Task details = Find the lines holding the string "OnlyLoads" in the data, then copy all of them.

Record excerpts =
// The constraints that are served, and the verifier's file.
ghost use Rattle.std.specs.Prelude.{◌≡◌, ◌≤◌, IfOk, IfErr, OnOk, string_bytes};
ghost use Rattle.zk_model.specs.Bytes.{AreBytes};
ghost use Rattle.zk_port.specs.Changes.{change};
ghost use Rattle.command_words.specs.Commands.{serve_poly_of};
ghost use Rattle.poly_model.specs.declared.limits.TheConstants.{MAX_VARIABLES};
ghost use Rattle.poly_files.specs.PolyFiles.{HasPoly};
ghost use Rattle.file_commands.specs.Effects.{OnlyLoads};
ghost use Rattle.file_commands.specs.Stops.{IsVerifierFileAt};
ghost use Rattle.serve_poly.specs.PolyServices.{IsLoadedName, LacksFiles};

use command_words::ServePolyAsk;
use dealer_files::VerifierFile;
use file_commands::{Refusal, load_verifier};
use poly_files::{DigestedPolys, load_polys};
use std::alloc::Global;
use zk_port::Shelf;

/// What is served: the constraints, with the digest of their text, and the file.
#[derive(Drop)]
pub(crate) struct ServedFiles {
    pub(crate) constraints: DigestedPolys,
    pub(crate) file: VerifierFile,
}

/// The constraints and the file that are named.
pub(crate) fn load_files<F: Shelf>(
    alloc: Global,
    shelf: &mut F,
    ask: &ServePolyAsk<String>,
) -> Result<ServedFiles, Refusal>
    ensures constraints { IfOk result (λ files. HasPoly (F.state shelf.old).told (string_bytes ask.now.text)
        files.constraints.polys files.constraints.digest) }
    ensures octets { IfOk result (λ files. AreBytes 32 files.constraints.digest) }
    ensures few { IfOk result (λ files. files.constraints.polys.variables ≤ MAX_VARIABLES) }
    ensures file { IfOk result (λ files.
        IsVerifierFileAt (F.state shelf.old).told (string_bytes ask.now.file) files.file) }
    ensures stop { IfErr result (LacksFiles (serve_poly_of ask.now)
        (change (F.state shelf.old) (F.state shelf.new))) }
    ensures kept { OnlyLoads (IsLoadedName (serve_poly_of ask.now))
        (change (F.state shelf.old) (F.state shelf.new)) }
    ensures quiet { OnOk result (F.state shelf.new ≡ F.state shelf.old) }
{
    let constraints = load_polys(alloc, shelf, &ask.text)?;
    let file = load_verifier(alloc, shelf, &ask.file)?;
    Ok(ServedFiles { constraints, file })
}
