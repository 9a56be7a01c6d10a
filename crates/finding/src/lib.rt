// Finding a row by its code, for a program in Rust or C to time.
#![tactic(auto)]

ghost use Rattle.std.specs.Prelude.{◌≡◌, ◌<◌, ◌≤◌, length, take, None};
ghost use Rattle.keyed.specs.Rows.{Rising, Stands, lookup};

use keyed::Keyed;

#[derive(Clone, Copy)]
#[repr(C)]
pub struct Row {
    pub code: u32,
    pub price: u32,
    pub amount: u64,
}

impl Keyed for Row {
    type Key = u32;

    ghost key = { λ x. x.code };

    fn key(&self) -> u32 {
        self.code
    }
}

// Where the code stands among the first `used` rows; the number of places where it does not. `used` and the
// answer are numbers, as C passes and takes them.
#[unsafe(no_mangle)]
#[tactic(auto, using(crate::proofs::InUse::in_use))]
pub extern "C" fn find_row(rows: &[Row], used: usize, code: u32) -> usize
    ensures found { Rising (λ x. x.code) (take used rows.now) → result < length rows.now → Stands (λ x. x.code) (take used rows.now) code result }
    ensures missing { Rising (λ x. x.code) (take used rows.now) → length rows.now ≤ result → lookup (λ x. x.code) (take used rows.now) code ≡ None }
{
    match keyed::find(&rows[..used.min(rows.len())], code) {
        Ok(at) => at,
        Err(_) => rows.len(),
    }
}
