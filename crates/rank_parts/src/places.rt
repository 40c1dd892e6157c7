ghost use Rattle.std.specs.Prelude.{◌≡◌, ◌≤◌, IfOk};
ghost use Rattle.std.specs.List.{AllZip};
ghost use Rattle.job_files.specs.PlaceLists.{IsPlaceList};
ghost use Rattle.job_model.specs.Accepted.{HasBlock, IsAccepted};
ghost use Rattle.rank_parts.specs.Placing.{ArePlacesFor, IsPlaceFor, dealt_triples};

use bern_base::{Checked, Items, NoMemory, PlaceKind};
use placement::{AnyPlace, Cyclic, Listed, Placement};
use std::alloc::Global;

/// The place of each place line of a job on so many ranks: blocks that are dealt to the ranks in turn, or as a file lists the ranks
/// of the indices. `lists` has for each place line that names a file the places that the file lists, and none for the others.
pub fn rank_places(
    alloc: Global,
    job: &Checked,
    ranks: u32,
    lists: Items<Option<Listed>>,
) -> Result<Items<AnyPlace>, NoMemory>
    requires accepted { IsAccepted job.now }
    requires some { 1 ≤ ranks }
    requires lists { AllZip (IsPlaceList job.now.extents ranks) job.now.places lists }
    ensures { IfOk result (ArePlacesFor job.now ranks lists) }
{
    let mut places = Items::new(alloc);
    for list in lists.into_vec() {
        let line = job.places.at(places.len());
        let size = job.extents.at(line.extent as usize).size;
        places.push(rank_place(size, ranks, &line.kind, list))?;
    }
    Ok(places)
}

/// The place of so many indices on so many ranks.
fn rank_place(size: u32, ranks: u32, kind: &PlaceKind, list: Option<Listed>) -> AnyPlace
    requires size { 1 ≤ size }
    requires some { 1 ≤ ranks }
    requires block { HasBlock kind.now }
    ensures { IsPlaceFor size ranks kind.now list result }
{
    match list {
        Some(list) => AnyPlace::Listed(list),
        None => AnyPlace::Cyclic(dealt(size, ranks, kind)),
    }
}

/// Blocks of the length that the place names, or of the least length for which each rank has at most one.
fn dealt(size: u32, ranks: u32, kind: &PlaceKind) -> Cyclic
    requires size { 1 ≤ size }
    requires some { 1 ≤ ranks }
    requires block { HasBlock kind.now }
    ensures ranks { ⟦<Cyclic as Placement>⟧.ranks result ≡ ranks }
    ensures triples { ⟦<Cyclic as Placement>⟧.triples result ≡ dealt_triples size ranks kind.now }
{
    match kind {
        PlaceKind::Cyclic(block) => Cyclic::new(size, ranks, *block),
        _ => Cyclic::block(size, ranks),
    }
}
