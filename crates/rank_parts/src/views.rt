ghost use Rattle.std.specs.Prelude.{◌≡◌, ◌+◌, ℕ, List, Some, [], IfOk, OnOk, length, map, slice_get};
ghost use Rattle.std.specs.Arc.{arc_value};
ghost use Rattle.std.specs.List.{range_with_len};
ghost use Rattle.bern_base.specs.declared.matrix.Matrix.{Matrix as Entries};
ghost use Rattle.whole_runs.specs.Engine.{entries_in, first_state};
ghost use Rattle.rank_parts.specs.Dealing.{AreHeldParts, ArePartsOf, AreRows, CanDeal, IsDealtView, IsPartOf, IsToDeal, IsViewIn};

use access_joins::{Access, Cells};
use bern_base::{Checked, Items, Matrix, NoMemory};
use formats::{AnyStore, LocalView, build};
use placement::{AnyPlace, Part, SharedPlace, deal};
use std::alloc::Global;
use std::sync::Arc;
use whole_runs::values_fit;

/// For each rank the views of its parts of all arrays, in the indices of the arrays. `orders` has the order of its rows for each
/// array whose format names one.
///
/// The entries of an array are dealt to all ranks in one walk, and its matrix is given up before the stores of its parts are built.
pub fn rank_views(
    alloc: Global,
    job: &Checked,
    places: &Arc<Items<AnyPlace>, Global>,
    ranks: u32,
    matrices: Items<Matrix>,
    orders: &Items<Items<u32>>,
) -> Result<Items<Items<LocalView<AnyStore, SharedPlace>>>, NoMemory>
    requires { CanDeal job.now (arc_value places.now) ranks matrices orders.now }
    ensures { IfOk result (AreHeldParts ⟦<LocalView<AnyStore, SharedPlace> as Access>⟧.tree
        ⟦<LocalView<AnyStore, SharedPlace> as Cells>⟧.grid job.now (entries_in matrices) (first_state matrices) (arc_value places.now) ranks) }
{
    let mut views = no_views(alloc, ranks)?;
    let mut number = 0;
    for matrix in matrices.into_vec() {
        add_array(
            alloc,
            job,
            places,
            ranks,
            number,
            matrix,
            orders.at(number),
            &mut views,
        )?;
        number += 1;
    }
    Ok(views)
}

/// No views, for each of so many ranks.
fn no_views(
    alloc: Global,
    ranks: u32,
) -> Result<Items<Items<LocalView<AnyStore, SharedPlace>>>, NoMemory>
    ensures { IfOk result (λ lists. lists ≡ map (λ _. []) (range_with_len 0 ranks)) }
{
    let mut lists = Items::from_vec(Vec::with_capacity(alloc, ranks as usize)?);
    'ranks: for _ in 0..ranks {
        lists.push(Items::new(alloc))?;
    }
    Ok(lists)
}

/// Appends to the views of each rank that of its part of one array more.
fn add_array(
    alloc: Global,
    job: &Checked,
    places: &Arc<Items<AnyPlace>, Global>,
    ranks: u32,
    number: usize,
    matrix: Matrix,
    order: &Items<u32>,
    views: &mut Items<Items<LocalView<AnyStore, SharedPlace>>>,
) -> Result<(), NoMemory>
    requires deals { IsToDeal job.now (arc_value places.now) ranks number matrix order.now }
    requires count { length views.old ≡ ranks }
    ensures count { length views.new ≡ ranks }
    ensures adds { (ms : List Entries) → slice_get ms number ≡ Some matrix →
        AreRows views.old (IsViewIn ⟦<LocalView<AnyStore, SharedPlace> as Access>⟧.tree
        ⟦<LocalView<AnyStore, SharedPlace> as Cells>⟧.grid job.now (arc_value places.now) ranks ms) ranks number 0 →
        OnOk result (AreRows views.new (IsViewIn ⟦<LocalView<AnyStore, SharedPlace> as Access>⟧.tree
        ⟦<LocalView<AnyStore, SharedPlace> as Cells>⟧.grid job.now (arc_value places.now) ranks ms) ranks (number + 1) 0) }
{
    values_fit(&matrix);
    let array = job.arrays.at(number);
    let place = places.at(array.place as usize);
    let parts = deal(alloc, &matrix, place, array.axis, ranks)?;
    add_parts(alloc, job, places, ranks, number, parts, order, views)
}

/// The same, from the parts of all ranks.
fn add_parts(
    alloc: Global,
    job: &Checked,
    places: &Arc<Items<AnyPlace>, Global>,
    ranks: u32,
    number: usize,
    parts: Items<Part>,
    order: &Items<u32>,
    views: &mut Items<Items<LocalView<AnyStore, SharedPlace>>>,
) -> Result<(), NoMemory>
    requires parts { (m : Entries) × ArePartsOf job.now (arc_value places.now) ranks number m order.now parts }
    requires count { length views.old ≡ ranks }
    ensures count { length views.new ≡ ranks }
    ensures adds { (ms : List Entries) (m : Entries) → slice_get ms number ≡ Some m →
        ArePartsOf job.now (arc_value places.now) ranks number m order.now parts →
        AreRows views.old (IsViewIn ⟦<LocalView<AnyStore, SharedPlace> as Access>⟧.tree
        ⟦<LocalView<AnyStore, SharedPlace> as Cells>⟧.grid job.now (arc_value places.now) ranks ms) ranks number 0 →
        OnOk result (AreRows views.new (IsViewIn ⟦<LocalView<AnyStore, SharedPlace> as Access>⟧.tree
        ⟦<LocalView<AnyStore, SharedPlace> as Cells>⟧.grid job.now (arc_value places.now) ranks ms) ranks (number + 1) 0) }
{
    let mut rank = 0;
    for part in parts.into_vec() {
        let view = part_view(alloc, job, places, number, rank, &part, order)?;
        match views.offer_at(rank as usize, view) {
            Ok(()) => {}
            Err(_) => return Err(NoMemory),
        }
        rank += 1;
    }
    Ok(())
}

/// The view of a rank's part of an array.
fn part_view(
    alloc: Global,
    job: &Checked,
    places: &Arc<Items<AnyPlace>, Global>,
    number: usize,
    rank: u32,
    part: &Part,
    order: &Items<u32>,
) -> Result<LocalView<AnyStore, SharedPlace>, NoMemory>
    requires { (ranks : ℕ) × ((m : Entries) × IsPartOf job.now (arc_value places.now) ranks number rank m order.now part.now) }
    ensures { (ranks : ℕ) (m : Entries) → IsPartOf job.now (arc_value places.now) ranks number rank m order.now part.now →
        IfOk result (λ view. IsDealtView job.now (arc_value places.now) ranks rank number m
        (⟦<LocalView<AnyStore, SharedPlace> as Access>⟧.tree view) (⟦<LocalView<AnyStore, SharedPlace> as Cells>⟧.grid view)) }
{
    let array = job.arrays.at(number);
    let format = job.formats.at(array.format as usize);
    let store = build(alloc, format, part, order)?;
    let place = SharedPlace::new(Arc::try_clone(places)?, array.place);
    Ok(LocalView::new(store, place, array.axis, array.cols, rank))
}
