//! The laws of dealt parts. Each function does nothing: its contract is the law.

ghost use Rattle.rank_parts.specs.Placing.{PlacedLinesArePlaced};

/// The places that `rank_places` makes are places of the job at each rank, and those of its files where these are told.
pub fn placed_lines_are_placed()
    ensures { PlacedLinesArePlaced }
{}
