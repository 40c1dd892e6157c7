//! The parts that ranks hold of the arrays of a job: the place of each place line on so many ranks, and for each rank the views of its
//! parts of all arrays.
//!
//! Arrays, places, elements and ranks count from 0. There is a matrix for each array of a job, of its rows and columns; one of an
//! array with `zero` has no entries.
#![tactic(auto)]

mod laws;
mod places;
mod views;

pub use laws::placed_lines_are_placed;
pub use places::rank_places;
pub use views::rank_views;
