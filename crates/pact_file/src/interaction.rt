//! An interaction, in the order of its tests.

ghost use Rattle.std.specs.Prelude.{◌≡◌, Some, option_map, option_and_then, codes, string_bytes, IfOk};
ghost use Rattle.serde_json.specs.Find.{get};
ghost use Rattle.serde_json.specs.View.{view};
ghost use Rattle.serde_json.specs.Written.{compact_text};
ghost use Rattle.pact_file.specs.declared.fault.PactFault.TheVariants.{Memory};
ghost use Rattle.pact_file.specs.Interactions.{at, parts_at};
ghost use Rattle.pact_file.specs.Normal.{InteractionRead};
ghost use Rattle.pact_rules.specs.Outcome.{Gives};
ghost use Rattle.pact_file.specs.Pact.{states_data, interaction_data};
ghost use Rattle.pact_file.specs.Parts.{status_in as status_found, body_in};
ghost use Rattle.pact_rules.specs.Reading.{GivesOne};
ghost use Rattle.pact_file.specs.Rules.{RulesRead, IsRulesOf};
ghost use Rattle.pact_file.specs.Sound.{IsSound};
ghost use Rattle.pact_file.specs.PartsView.{parts_view, as_pact_fault};

use crate::fault::{PactFault, Part, Place};
use crate::headers::read_headers;
use crate::pact::Interaction;
use crate::parts::{
    object_member, optional_member, read_states, status_of, take_member, text_member,
};
use crate::state::State;
use crate::texts::{parts_text, states_text};
use pact_rules::{Patterns, RuleFault, RuleTable};
use serde_json::Value;
use std::alloc::{AllocError, Global};

/// What is read of an interaction before its headers and its rules.
#[derive(Drop)]
struct Parts<'a> {
    description: String,
    states: Vec<State>,
    request: &'a Value,
    response: &'a Value,
    status: u16,
}

/// The fault of a part of the interaction at this index.
fn fault_at(index: usize, part: Part) -> PactFault
    ensures { result ≡ at index part }
{
    PactFault::Shape(Place::Interaction(index, part))
}

#[tactic(auto, unfolding(crate::specs::Interactions::parts_at))]
fn read_parts<'a>(alloc: Global, index: usize, value: &'a Value) -> Result<Parts<'a>, PactFault>
    ensures parts { Gives Memory parts_view result (parts_at index (view value.now)) }
    ensures status { IfOk result (λ p. status_found (view p.response.now) ≡ Some p.status) }
{
    if !value.is_object() {
        return Err(fault_at(index, Part::Whole));
    }
    let Some(description) = text_member(value, "description") else {
        return Err(fault_at(index, Part::Description));
    };
    let Some(states) = read_states(alloc, value)? else {
        return Err(fault_at(index, Part::States));
    };
    let Some(request) = object_member(value, "request") else {
        return Err(fault_at(index, Part::Request));
    };
    let Some(response) = object_member(value, "response") else {
        return Err(fault_at(index, Part::Response));
    };
    let Some(status) = status_of(response) else {
        return Err(fault_at(index, Part::Status));
    };
    Ok(Parts {
        description: String::from_str(alloc, description)?,
        states,
        request,
        response,
        status,
    })
}

/// The body of the response of an interaction, moved out of it: the value under `body`, which may be null, or None if
/// the response has no such member.
fn take_body(interaction: Value) -> Option<Value>
    ensures { option_map view result
        ≡ option_and_then body_in (get (codes "response") (view interaction)) }
{
    take_member(take_member(interaction, "response")?, "body")
}

/// A fault of rules; `Memory` is that of the whole call.
fn rule_fault(index: usize, fault: RuleFault) -> PactFault
    ensures { result ≡ as_pact_fault index fault }
{
    match fault {
        RuleFault::Memory => PactFault::Memory,
        fault => PactFault::Rules(index, fault),
    }
}

fn read_rules(
    alloc: Global,
    patterns: &mut Patterns,
    index: usize,
    response: &Value,
) -> Result<RuleTable, PactFault>
    ensures read { GivesOne Memory (λ t. t) result (RulesRead index (view response.now)) }
    ensures table { IfOk result (λ t. IsRulesOf (view response.now) t) }
{
    match optional_member(response, "matchingRules") {
        None => Ok(RuleTable::none(alloc)),
        Some(rules) => match RuleTable::read_with(alloc, patterns, rules) {
            Ok(table) => Ok(table),
            Err(fault) => Err(rule_fault(index, fault)),
        },
    }
}

/// The texts that are kept of an interaction.
#[derive(Drop)]
struct Texts {
    states: String,
    whole: String,
}

fn texts_of(alloc: Global, parts: &Parts<'_>) -> Result<Texts, AllocError>
    requires { IsSound 98 (interaction_data (parts_view parts.now)) }
    ensures states { IfOk result (λ t. string_bytes t.states
        ≡ compact_text (states_data parts.now.states.items)) }
    ensures whole { IfOk result (λ t. string_bytes t.whole
        ≡ compact_text (interaction_data (parts_view parts.now))) }
{
    let states = states_text(alloc, parts.states.as_slice())?;
    let whole = parts_text(
        alloc,
        parts.description.as_str(),
        states.as_str(),
        parts.request,
        parts.response,
    )?;
    Ok(Texts { states, whole })
}

/// The interaction at this index, or its first fault.
pub(crate) fn read_interaction(
    alloc: Global,
    patterns: &mut Patterns,
    index: usize,
    value: Value,
) -> Result<Interaction, PactFault>
    requires { IsSound 98 (view value) }
    ensures { GivesOne Memory (λ x. x) result (InteractionRead index (view value)) }
{
    let parts = read_parts(alloc, index, &value)?;
    match read_headers(alloc, parts.response)? {
        None => Err(fault_at(index, Part::Headers)),
        Some(headers) => {
            let rules = read_rules(alloc, patterns, index, parts.response)?;
            let texts = texts_of(alloc, &parts)?;
            let Parts {
                description,
                states,
                request: _,
                response: _,
                status,
            } = parts;
            let body = take_body(value);
            Ok(Interaction {
                description,
                states,
                status,
                headers,
                body,
                rules,
                states_text: texts.states,
                text: texts.whole,
            })
        }
    }
}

Result of this task =
ghost use Rattle.file_commands.specs.Effects.{OnlyLoads};
    ensures kept { OnlyLoads (IsLoadedName (serve_poly_of ask.now))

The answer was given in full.